According to the presentation linked above, you've got to look carefully at each application, to see how it holds up when you decrease floating-point precision like this. But the list of applications where this would work is very impressive.
I would dearly like to go back several years and explain this to the authors of a transaction processing system I once worked on. It stored all its currency values (for very small units sold in large quantities) with floating point data types....
The chip architecture described in the article reminds me of the DEC MasPar system [1] we had at uni back in the mid-90s. 2048 processors (IIRC), where each processor could only communicate directly with it's 8 neighbours. If you wanted to get decent performance out of it, you had to think carefully about you were going to get your data onto each of the processors.
This would be beautiful for protein folding. That particular application is extremely parallel, numerically heavy, and should tolerate the loss of precision very well. It also eats up processing power like a black hole, so a few orders of magnitude speed improvement would definitely be nice.
Based on my experience, different stages of folding should require differing precision.
For ClusPro (protein docking, http://dx.doi.org/10.1002/prot.22835), we the first stage are rough energy functions for global sampling of the protein surface. For these functions, we use floats because it is a rigid body sampling and is very tolerant to clashes. However, when it comes to the minimization/refinement stage, we have seen weird things happen with floats and instead use doubles.
Similarly, the functions used in early stages of protein folding can probably deal with loss of precision, but the stages for producing high quality structures would not.

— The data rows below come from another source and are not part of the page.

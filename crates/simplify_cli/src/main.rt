//! The command-line tool: what the words ask for, over files and the standard streams.
#![tactic(auto)]

mod outside;

use outside::{StdInputs, StdSink};
use std::process::ExitCode;
use std::rt::Env;
use std::{env, io};
use top_call::{Status, run};

// The number with which the program ends where the system gives no words. No status has it.
const NO_WORDS: u8 = 16;

// The words behind the program's name.
fn words_of<R: Env + AllocGlobal>(rt: &R) -> io::Result<Vec<String>> {
    let mut words = Vec::new(rt.alloc());
    for word in env::args(rt)?.skip(1) {
        words.push(word)?;
    }
    Ok(words)
}

fn main(rt: HostRuntime) -> ExitCode {
    let words = match words_of(&rt) {
        Ok(words) => words,
        Err(error) if error.kind() == io::ErrorKind::OutOfMemory => {
            return ExitCode::from(Status::NoMemory.code());
        }
        Err(_) => return ExitCode::from(NO_WORDS),
    };
    let mut inputs = StdInputs::new(&rt);
    let mut out = StdSink::new(rt.stdout());
    let mut note = StdSink::new(rt.stderr());
    let status = run(rt.alloc(), &words, &mut inputs, &mut out, &mut note);
    ExitCode::from(status.code())
}
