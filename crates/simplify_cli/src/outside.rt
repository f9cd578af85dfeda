//! Files and the standard streams as inputs and sinks. They tell nothing of what they hold.
ghost use Rattle.std.specs.Prelude.{◌≡◌, false, []};

use outside_io::{Failed, Inputs, Sink};
use std::fs;
use std::io::{Read, Write};
use std::rt::Files;

/// The name of standard input.
const STANDARD: &str = "-";

// What is being read.
#[derive(Drop)]
enum Current<F, S> {
    Nothing,
    File(F),
    Standard(S),
}

/// Files by their paths, and standard input.
#[derive(Drop)]
pub struct StdInputs<'a, R: Files + Input> {
    rt: &'a R,
    current: Current<R::File, R::Reader>,
    given: u64,
    faults: u64,
}

impl<'a, R: Files + Input> StdInputs<'a, R> {
    /// Nothing is begun yet, and no call has failed.
    pub fn new(rt: &'a R) -> Self
        ensures given { result.given ≡ 0 }
        ensures faults { result.faults ≡ 0 }
    {
        StdInputs {
            rt,
            current: Current::Nothing,
            given: 0,
            faults: 0,
        }
    }
}

impl<R: Files + Input> Inputs for StdInputs<'_, R> {
    ghost tells = { false };

    ghost texts = { λ _. [] };

    ghost rest = { λ _. [] };

    ghost strays = { λ _. 0 };

    ghost given = { λ s. s.given };

    ghost faults = { λ s. s.faults };

    fn begin(&mut self, name: &str) -> Result<(), Failed> {
        self.given = 0;
        self.current = Current::Nothing;
        if name == STANDARD {
            self.current = Current::Standard(self.rt.reader());
            return Ok(());
        }
        match fs::open(self.rt, name) {
            Ok(file) => {
                self.current = Current::File(file);
                Ok(())
            }
            Err(_) => {
                self.faults = self.faults.saturating_add(1);
                Err(Failed)
            }
        }
    }

    fn read(&mut self, into: &mut [u8]) -> Result<usize, Failed> {
        let read = match &mut self.current {
            Current::Nothing => Ok(0),
            Current::File(file) => file.read(into),
            Current::Standard(reader) => reader.read(into),
        };
        match read {
            Ok(count) => {
                self.given = self.given.saturating_add(count as u64);
                Ok(count)
            }
            Err(_) => {
                self.faults = self.faults.saturating_add(1);
                Err(Failed)
            }
        }
    }
}

/// A standard stream, flushed at each write.
#[derive(Drop)]
pub struct StdSink<W: Write + Drop> {
    stream: W,
    faults: u64,
}

impl<W: Write + Drop> StdSink<W> {
    /// The stream, on which no call has failed yet.
    pub fn new(stream: W) -> Self
        ensures faults { result.faults ≡ 0 }
    {
        StdSink { stream, faults: 0 }
    }
}

impl<W: Write + Drop> Sink for StdSink<W> {
    ghost tells = { false };

    ghost written = { λ _. [] };

    ghost faults = { λ s. s.faults };

    fn write(&mut self, bytes: &[u8]) -> Result<usize, Failed> {
        if bytes.is_empty() {
            return Ok(0);
        }
        if let Ok(count) = self.stream.write(bytes) {
            if count > 0 && self.stream.flush().is_ok() {
                return Ok(count);
            }
        }
        self.faults = self.faults.saturating_add(1);
        Err(Failed)
    }
}
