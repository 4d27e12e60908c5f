// The close of a stock, with all that it did.
use crate::serve::{Session, call};
use crate::sources::{Places, Source};
use book::position::Book;
use handbook::request::Request;
use journal::line::SourceLine;
use std::io::Write;
use terms::bounds::MOST_ENTITIES;

// What became of a ban, in a word.
fn turn(before: bool, after: bool) -> &'static str {
    match (before, after) {
        (false, false) => "none",
        (false, true) => "begins",
        (true, true) => "holds",
        (true, false) => "ends",
    }
}

impl<'n, 'b, 't, 'c, W: Write + Drop, B: Book> Session<'n, 'b, 't, 'c, W, B> {
    // Prints who is charged, and what became of the ban.
    fn tell_close(
        &mut self,
        underlying: usize,
        banned: bool,
        closing: &Source<'_, '_>,
    ) -> anyhow::Result<()> {
        for entity in 0..MOST_ENTITIES {
            let charge = self.monitor.charge(underlying, entity);
            if charge > 0 {
                let violated = self.monitor.violated(underlying, entity);
                self.notices.charged(entity, violated, charge)?;
            }
        }
        let word = turn(banned, self.monitor.is_banned(underlying));
        let interest = self.monitor.interest(underlying, closing);
        self.notices.ban(word, interest)
    }

    // Closes a stock at two sources.
    fn close_at(
        &mut self,
        underlying: usize,
        two: Source<'_, '_>,
        closing: Source<'_, '_>,
    ) -> anyhow::Result<()> {
        let banned = self.monitor.is_banned(underlying);
        let request = Request::Close {
            underlying,
            two,
            closing,
        };
        let answer = call(self.notices, &mut self.monitor, request)?;
        if answer.is_ok() {
            self.tell_close(underlying, banned, &closing)?;
        }
        Ok(())
    }

    // Closes a stock at the sources of a line.
    pub(crate) fn close(
        &mut self,
        underlying: usize,
        two: SourceLine<'_>,
        closing: SourceLine<'_>,
    ) -> anyhow::Result<()> {
        let mut two_places = Places::new(two);
        let mut closing_places = Places::new(closing);
        let two_rows = two_places.fill(two);
        let closing_rows = closing_places.fill(closing);
        self.close_at(
            underlying,
            two_rows.source(two),
            closing_rows.source(closing),
        )
    }
}
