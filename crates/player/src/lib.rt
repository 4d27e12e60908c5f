// Plays a journal: from the lines of an input to a monitor's answers on an output.
#![tactic(auto)]

mod ask;
mod close;
mod covers;
mod day;
mod declare;
mod lines;
mod notices;
pub mod play;
mod serve;
mod sources;
mod tally;
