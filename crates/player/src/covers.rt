// The covers that a journal speaks of: the depository's holdings, the cash that is reported, and both together.
use crate::notices::Notices;
use crate::serve::Session;
use book::position::Book;
use book::row::Row;
use cover::cash::Cash;
use cover::depository::{Depository, DepositoryRow};
use cover::joint::Joint;
use cover::mixing::Mixed;
use either::{Left, Right};
use journal::line::CoverMake;
use replies::fault::Fault;
use std::alloc::Global;
use std::io::Write;
use terms::refusal::Refusal;

// The most rows of the depository, and the places for reports of cash.
const HOLDINGS: usize = 4_096;

pub(crate) const CASH_PLACES: usize = 512;

// A cover of any make.
pub(crate) type AnyCover<'r, 'c> = Mixed<
    Depository<'r>,
    Mixed<&'r Cash<'c>, Joint<Depository<'r>, &'r Cash<'c>>>,
>;

// The rows of the depository.
#[derive(Drop)]
pub(crate) struct Holdings {
    rows: Vec<DepositoryRow>,
}

impl Holdings {
    fn new(heap: Global) -> Holdings {
        Holdings {
            rows: Vec::new(heap),
        }
    }

    // One row more, if there is room.
    fn add(&mut self, row: DepositoryRow) -> anyhow::Result<Result<(), Fault>> {
        if self.rows.len() >= HOLDINGS {
            return Ok(Err(Fault::TooMany));
        }
        self.rows.push(row)?;
        Ok(Ok(()))
    }
}

// Takes one more row of the depository, and says so.
pub(crate) fn hold<W: Write + Drop>(
    notices: &mut Notices<W>,
    holdings: &mut Holdings,
    row: DepositoryRow,
) -> anyhow::Result<()> {
    match holdings.add(row)? {
        Ok(()) => notices.taken(),
        Err(fault) => notices.malformed(fault),
    }
}

#[derive(Drop)]
pub(crate) struct Covers<'c> {
    pub(crate) holdings: Holdings,
    pub(crate) cash: Cash<'c>,
}

impl<'c> Covers<'c> {
    // No holding and no cash, over the places for reports of cash.
    pub(crate) fn new(heap: Global, places: &'c mut [Row<u64>]) -> Covers<'c> {
        Covers {
            holdings: Holdings::new(heap),
            cash: Cash::new(places),
        }
    }

    // The cover that a settlement names.
    pub(crate) fn cover(&self, make: CoverMake) -> AnyCover<'_, 'c> {
        let depository = Depository {
            rows: &self.holdings.rows,
        };
        match make {
            CoverMake::Depository => Left(depository),
            CoverMake::Cash => Right(Left(&self.cash)),
            CoverMake::Joint => Right(Right(Joint {
                first: depository,
                second: &self.cash,
            })),
        }
    }
}

impl<'n, 'b, 't, 'c, W: Write + Drop, B: Book> Session<'n, 'b, 't, 'c, W, B> {
    // Takes down a report of cash, which answers 0.
    pub(crate) fn cash(
        &mut self,
        entity: usize,
        underlying: usize,
        amount: u64,
    ) -> anyhow::Result<()> {
        let answer: Result<i64, Refusal> = self
            .covers
            .cash
            .report(entity, underlying, amount)
            .map(|()| 0);
        self.notices.called(answer)
    }
}
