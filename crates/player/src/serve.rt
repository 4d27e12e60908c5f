// The lines once the monitor was opened.
use crate::covers::{AnyCover, Covers, hold};
use crate::notices::Notices;
use crate::sources::Source;
use book::position::{Book, Shape};
use handbook::replay::replay;
use handbook::request::Request;
use journal::line::Line;
use journal::reader::read;
use monitor::state::Monitor;
use replies::fault::Fault;
use std::alloc::Global;
use std::io::Write;
use tails::Tail;
use terms::refusal::Refusal;

// Makes one call, and prints and tells its answer. One type of source and one of cover serve all calls.
pub(crate) fn call<W: Write + Drop, B: Book>(
    notices: &mut Notices<W>,
    monitor: &mut Monitor<B>,
    request: Request<'_, Source<'_, '_>, AnyCover<'_, '_>>,
) -> anyhow::Result<Result<i64, Refusal>> {
    let mut answers = [Err(Refusal::Closed)];
    replay(monitor, &[request], &mut answers).unwrap();
    let answer = answers[0];
    notices.called(answer)?;
    Ok(answer)
}

// A monitor that calls and questions are put to, the covers that its settlements may take, and where the answers are printed.
#[derive(Drop)]
pub(crate) struct Session<'n, 'b, 't, 'c, W: Write + Drop, B> {
    pub(crate) heap: Global,
    pub(crate) notices: &'n mut Notices<W>,
    pub(crate) monitor: Monitor<'b, 't, B>,
    pub(crate) covers: &'n mut Covers<'c>,
}

impl<'n, 'b, 't, 'c, W: Write + Drop, B: Book> Session<'n, 'b, 't, 'c, W, B> {
    pub(crate) fn new(
        heap: Global,
        notices: &'n mut Notices<W>,
        monitor: Monitor<'b, 't, B>,
        covers: &'n mut Covers<'c>,
    ) -> Session<'n, 'b, 't, 'c, W, B> {
        Session {
            heap,
            notices,
            monitor,
            covers,
        }
    }

    // Prints what was opened.
    pub(crate) fn tell_opening(&mut self, shape: Shape) -> anyhow::Result<()> {
        if self.monitor.is_open() {
            self.notices.opened(shape)
        } else {
            self.notices.not_opened()
        }
    }

    // Makes one call that prints its answer alone.
    fn call_only(
        &mut self,
        request: Request<'_, Source<'_, '_>, AnyCover<'_, '_>>,
    ) -> anyhow::Result<()> {
        let _ = call(self.notices, &mut self.monitor, request)?;
        Ok(())
    }

    fn set_limit(
        &mut self,
        underlying: usize,
        free_float: u64,
        deliveries: Tail<'_, u64>,
    ) -> anyhow::Result<()> {
        let deliveries: Vec<u64> = deliveries.collect(self.heap)?;
        self.call_only(Request::SetLimit {
            underlying,
            free_float,
            deliveries: &deliveries,
        })
    }

    // Takes the next line.
    pub(crate) fn serve(&mut self, line: &[u8]) -> anyhow::Result<()> {
        self.notices.next_line();
        match read(line) {
            Ok(Line::Blank) => Ok(()),
            Ok(Line::Declare(_)) => self.notices.malformed(Fault::AfterOpen),
            Ok(Line::Call(command)) => self.call_only(Request::Posting(command)),
            Ok(
                Line::SetLimit {
                    underlying,
                    free_float,
                    deliveries,
                },
            ) => self.set_limit(underlying, free_float, deliveries),
            Ok(
                Line::Close {
                    underlying,
                    two,
                    closing,
                },
            ) => self.close(underlying, two, closing),
            Ok(Line::Snapshot { underlying, source }) => self.watch(false, underlying, source),
            Ok(Line::Cure { underlying, source }) => self.watch(true, underlying, source),
            Ok(
                Line::Cash {
                    entity,
                    underlying,
                    amount,
                },
            ) => self.cash(entity, underlying, amount),
            Ok(Line::Holding(row)) => hold(self.notices, &mut self.covers.holdings, row),
            Ok(Line::Settle { underlying, cover }) => self.settle(underlying, cover),
            Ok(Line::Report { underlying, rows }) => self.report(underlying, rows),
            Ok(Line::Ask(question)) => self.ask(question),
            Err(fault) => self.notices.malformed(fault),
        }
    }
}
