// Questions to the monitor.
use crate::serve::Session;
use crate::sources::Places;
use book::position::Book;
use delta::notional::Notional;
use delta::source::Delta;
use journal::line::{Question, SourceLine};
use std::io::Write;
use terms::bounds::MOST_ENTITIES;
use terms::refusal::Refusal;

impl<'n, 'b, 't, 'c, W: Write + Drop, B: Book> Session<'n, 'b, 't, 'c, W, B> {
    // Prints market interest and the reading of each entity that holds something, or DELTA where one is missing.
    fn ask_reading<D: Delta>(&mut self, underlying: usize, source: &D) -> anyhow::Result<()> {
        if let Some((contract, entity)) = self.monitor.missing(underlying, source) {
            return self.notices.declined(Refusal::Delta { contract, entity });
        }
        self.notices
            .told(self.monitor.interest(underlying, source))?;
        let sheet = self.monitor.sheet(underlying, source);
        for entity in 0..MOST_ENTITIES {
            let (net, long, short) = self.monitor.reading_on(&sheet, entity);
            if long > 0 || short > 0 {
                self.notices.reading(entity, net, long, short)?;
            }
        }
        Ok(())
    }

    // Prints the readings at the source of a line, or at notional deltas.
    fn ask_reading_at(
        &mut self,
        underlying: usize,
        source: Option<SourceLine<'_>>,
    ) -> anyhow::Result<()> {
        let Some(line) = source else {
            return self.ask_reading(underlying, &Notional);
        };
        let mut places = Places::new(line);
        let rows = places.fill(line);
        self.ask_reading(underlying, &rows.source(line))
    }

    // Prints the answer to a question.
    pub(crate) fn ask(&mut self, question: Question<'_>) -> anyhow::Result<()> {
        let monitor = &self.monitor;
        match question {
            Question::Quantity { entity, contract } => {
                self.notices.told(monitor.quantity(entity, contract))
            }
            Question::Base { entity, contract } => {
                self.notices.told(monitor.base(entity, contract))
            }
            Question::Limit { underlying } => self.notices.told(monitor.limit(underlying)),
            Question::Ban { underlying } => {
                self.notices.told(u8::from(monitor.is_banned(underlying)))
            }
            Question::Violated { underlying, entity } => {
                self.notices.told(monitor.violated(underlying, entity))
            }
            Question::Charge { underlying, entity } => {
                self.notices.told(monitor.charge(underlying, entity))
            }
            Question::Notional { underlying } => {
                self.notices.told(monitor.notional_interest(underlying))
            }
            Question::Reading { underlying, source } => self.ask_reading_at(underlying, source),
            Question::Mark {
                underlying,
                entity,
                mark,
            } => self.notices.row(monitor.mark(underlying, entity, mark)),
        }
    }
}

Any type of physics simulation, from protein folding to FEM to real-time game physics, plus image/video processing, graphics rendering, computer vision, speech recognition, neural networks, ...
"Off by 1% or so" leads me to guess it is implemented by using 8-bit numbers, and not necessarily with any particular sloppiness added by the chips, just the fact that the precision is small. Visual and audio processing could be set up in such a way that you wouldn't overflow those numbers because you know precisely what's coming in. You'd have to be careful about overflow and underflow but, per my first paragraph, you already have to be careful about that. It also makes sense in such apps that silicon would be more profitably used computing more significant bits more often rather than dithering about getting the bits in the 2^-50 absolutely precisely correct, a good insight. I don't know if that's what they're doing because it's hard to reverse engineer back through a science journalist but "8 bit math processors in quantity" -> "science journalist" -> "this article" is at least plausible.